*** Opening of Records to use ***

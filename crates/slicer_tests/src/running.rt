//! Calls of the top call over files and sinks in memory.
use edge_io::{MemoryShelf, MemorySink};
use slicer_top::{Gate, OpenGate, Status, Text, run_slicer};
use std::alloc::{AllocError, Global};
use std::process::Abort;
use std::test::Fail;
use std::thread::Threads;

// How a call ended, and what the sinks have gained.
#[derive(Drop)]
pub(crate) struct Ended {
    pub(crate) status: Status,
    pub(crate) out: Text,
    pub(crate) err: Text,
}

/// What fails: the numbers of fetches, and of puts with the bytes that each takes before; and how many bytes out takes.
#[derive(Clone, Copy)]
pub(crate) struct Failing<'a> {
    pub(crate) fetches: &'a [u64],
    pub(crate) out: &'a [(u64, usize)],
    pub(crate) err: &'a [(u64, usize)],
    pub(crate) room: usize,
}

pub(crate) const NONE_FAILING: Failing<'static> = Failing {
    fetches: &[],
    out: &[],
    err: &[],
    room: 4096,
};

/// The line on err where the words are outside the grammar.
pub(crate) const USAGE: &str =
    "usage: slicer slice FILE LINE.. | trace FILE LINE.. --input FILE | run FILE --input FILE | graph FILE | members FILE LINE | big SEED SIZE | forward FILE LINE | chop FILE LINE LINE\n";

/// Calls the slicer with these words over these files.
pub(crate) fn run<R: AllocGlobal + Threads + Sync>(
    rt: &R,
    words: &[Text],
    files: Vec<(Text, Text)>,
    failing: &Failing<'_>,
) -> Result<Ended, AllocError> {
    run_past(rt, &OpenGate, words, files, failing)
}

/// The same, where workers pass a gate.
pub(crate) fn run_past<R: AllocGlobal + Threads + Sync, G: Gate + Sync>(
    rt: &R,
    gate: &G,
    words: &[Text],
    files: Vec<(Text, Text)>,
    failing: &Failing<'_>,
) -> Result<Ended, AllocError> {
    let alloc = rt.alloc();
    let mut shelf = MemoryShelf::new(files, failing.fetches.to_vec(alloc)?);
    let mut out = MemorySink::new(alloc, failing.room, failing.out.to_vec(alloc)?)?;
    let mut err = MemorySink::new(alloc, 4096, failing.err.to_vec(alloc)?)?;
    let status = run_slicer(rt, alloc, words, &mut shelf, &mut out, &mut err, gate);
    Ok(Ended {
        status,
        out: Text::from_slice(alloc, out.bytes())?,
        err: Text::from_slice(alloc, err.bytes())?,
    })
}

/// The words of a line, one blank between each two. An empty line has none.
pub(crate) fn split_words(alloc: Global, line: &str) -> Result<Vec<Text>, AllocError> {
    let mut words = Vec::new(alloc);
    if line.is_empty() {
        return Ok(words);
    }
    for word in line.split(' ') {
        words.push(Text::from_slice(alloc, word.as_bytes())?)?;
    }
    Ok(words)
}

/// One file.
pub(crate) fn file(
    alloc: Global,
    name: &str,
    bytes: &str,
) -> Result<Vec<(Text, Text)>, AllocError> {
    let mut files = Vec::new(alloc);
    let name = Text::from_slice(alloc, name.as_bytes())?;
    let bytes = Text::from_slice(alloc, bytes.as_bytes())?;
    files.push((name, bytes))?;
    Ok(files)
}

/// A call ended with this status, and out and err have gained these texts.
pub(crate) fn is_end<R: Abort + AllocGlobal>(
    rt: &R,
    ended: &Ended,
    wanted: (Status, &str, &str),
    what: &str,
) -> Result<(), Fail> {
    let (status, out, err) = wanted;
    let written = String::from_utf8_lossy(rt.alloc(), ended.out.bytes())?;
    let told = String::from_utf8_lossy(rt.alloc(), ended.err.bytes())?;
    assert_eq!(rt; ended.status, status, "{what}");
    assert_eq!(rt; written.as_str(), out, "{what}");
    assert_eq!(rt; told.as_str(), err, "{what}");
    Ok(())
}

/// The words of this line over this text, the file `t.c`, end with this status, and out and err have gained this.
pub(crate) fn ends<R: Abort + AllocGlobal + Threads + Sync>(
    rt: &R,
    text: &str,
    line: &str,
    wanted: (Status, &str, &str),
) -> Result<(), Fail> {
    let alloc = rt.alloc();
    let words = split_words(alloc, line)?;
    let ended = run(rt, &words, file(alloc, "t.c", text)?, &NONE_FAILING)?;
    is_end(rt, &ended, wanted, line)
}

*** Close of Records to use ***

Prompt: All lines of the records above with the word "Threads" in them are to be copied.

Expected answer:
use std::thread::Threads;
pub(crate) fn run<R: AllocGlobal + Threads + Sync>(
pub(crate) fn run_past<R: AllocGlobal + Threads + Sync, G: Gate + Sync>(
pub(crate) fn ends<R: Abort + AllocGlobal + Threads + Sync>(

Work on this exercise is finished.